■ WHAT IS NEEDED ■
From the entries, filter out every line that lacks "said" and copy the rest.

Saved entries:

◇ ◇ ◇

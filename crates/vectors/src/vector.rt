// A published vector: a line of a file, and what this repository's functions give for it.
ghost use Rattle.std.specs.Prelude.{◌≡◌, length, take, IfOk, Decides};
ghost use Rattle.sha256.specs.Sha256.{digest};
ghost use Rattle.sha256.specs.Hmac.{hmac};
ghost use Rattle.vectors.specs.Chain.{chained};
ghost use Rattle.vectors.specs.Hex.{Spells};
ghost use Rattle.vectors.specs.Lines.{no_vector};
ghost use Rattle.vectors.specs.Outcomes.{IsHmacOutcome};

use crate::fault::Fault;
use crate::hex::decode;
use sha256::HmacKey;
use std::alloc::{AllocError, Global};
use std::fmt;

// What a vector came to: the length of the text, and whether the result is the published one.
// The length is told either way, so an enum would have it in both its variants.
#[derive(Clone, Copy, PartialEq, Eq, Debug, Drop)]
pub struct Outcome {
    length: usize,
    pub agrees: bool,
}

impl fmt::Display for Outcome {
    fn fmt<W: fmt::Write>(&self, f: &mut fmt::Formatter<W>) -> fmt::Result {
        let said = if self.agrees { "ok" } else { "DIFFERS" };
        write!(f, "{} {said}", self.length)
    }
}

// Whether `published` is the digest of `text`.
fn digest_agrees(text: &[u8], published: &[u8; 32]) -> bool
    ensures { Decides result (digest text.now ≡ published.now) }
{
    sha256::sha256(text) == *published
}

// Whether `published` is the HMAC of `text` or its front, by the key as it is and by the key made ready.
fn hmac_agrees(key: &[u8], text: &[u8], published: &[u8]) -> bool
    ensures { Decides result (take (length published.now) (hmac key.now text.now) ≡ published.now) }
{
    sha256::hmac_sha256(key, text).starts_with(published) && ready_agrees(key, text, published)
}

// The same by the key made ready alone.
fn ready_agrees(key: &[u8], text: &[u8], published: &[u8]) -> bool
    ensures { Decides result (take (length published.now) (hmac key.now text.now) ≡ published.now) }
{
    HmacKey::new(key).mac(text).starts_with(published)
}

// Whether a line holds no vector: it is empty, or a comment.
pub fn passed_over(line: &str) -> bool
    ensures { result ≡ no_vector line.now }
{
    match line.as_bytes() {
        [] => true,
        [first, ..] => *first == b'#',
    }
}

// A line's vector by its words: name, number of repetitions, message, digest; or `RANDOM`, seed and four results.
pub fn judge_digest(heap: Global, words: &[&str]) -> Result<Outcome, Fault> {
    match words {
        [_, times, message, published] => judge_repeated(heap, times, message, published),
        ["RANDOM", seed, results @ ..] if results.len() == 4 => judge_random(heap, seed, results),
        _ => Err(Fault::Words),
    }
}

// The same of HMACs: case, key, text, HMAC.
pub fn judge_hmac(heap: Global, words: &[&str]) -> Result<Outcome, Fault> {
    match words {
        // case 5 has the first 16 bytes of the HMAC only
        ["5", key, text, published] => {
            judge_front(heap, key, text, &decode_array::<16>(heap, published)?)
        }
        [_, key, text, published] => {
            judge_front(heap, key, text, &decode_array::<32>(heap, published)?)
        }
        _ => Err(Fault::Words),
    }
}

// So many bytes in hexadecimal.
fn decode_array<const N: usize>(heap: Global, word: &str) -> Result<[u8; N], Fault>
    ensures { IfOk result (Spells word.now) }
{
    let bytes = decode(heap, word.as_bytes())?;
    <[u8; N]>::try_from(bytes.as_slice()).map_err(|_| Fault::Length)
}

// `message`, `times` times.
fn repeated(heap: Global, message: &[u8], times: u32) -> Result<Vec<u8>, AllocError> {
    let mut text = Vec::new(heap);
    for _ in 0..times {
        text.extend_from_slice(message)?;
    }
    Ok(text)
}

// The digest of a message repeated.
fn judge_repeated(
    heap: Global,
    times: &str,
    message: &str,
    published: &str,
) -> Result<Outcome, Fault> {
    let times = times.parse::<u32>().map_err(|_| Fault::Number)?;
    let published = decode_array(heap, published)?;
    let message = decode(heap, message.as_bytes())?;
    let text = repeated(heap, &message, times)?;
    Ok(Outcome {
        length: text.len(),
        agrees: digest_agrees(&text, &published),
    })
}

// The front of an HMAC.
fn judge_front(heap: Global, key: &str, text: &str, published: &[u8]) -> Result<Outcome, Fault>
    ensures { IfOk result (IsHmacOutcome key.now text.now published.now) }
{
    let key = decode(heap, key.as_bytes())?;
    let text = decode(heap, text.as_bytes())?;
    Ok(Outcome {
        length: text.len(),
        agrees: hmac_agrees(&key, &text, published),
    })
}

// The random test: the results after 1,000, 2,000 and so on digests.
fn judge_random(heap: Global, seed: &str, results: &[&str]) -> Result<Outcome, Fault> {
    let mut last: [u8; 32] = decode_array(heap, seed)?;
    let mut agrees = true;
    for result in results {
        let published = decode_array(heap, result)?;
        last = thousand_digests(last);
        agrees &= last == published;
    }
    Ok(Outcome {
        length: last.len(),
        agrees,
    })
}

// From three copies of the seed on, 1,000 times the digest of the last three; the last one.
fn thousand_digests(seed: [u8; 32]) -> [u8; 32]
    ensures { result ≡ chained 1000 seed seed seed }
{
    let [mut a, mut b, mut c] = [seed; 3];
    for _ in 0..1000u32 {
        let next = sha256::sha256([a, b, c].as_flattened());
        (a, b, c) = (b, c, next);
    }
    c
}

◇ ◇ ◇

■ THE ANSWER ■
        let said = if self.agrees { "ok" } else { "DIFFERS" };
        write!(f, "{} {said}", self.length)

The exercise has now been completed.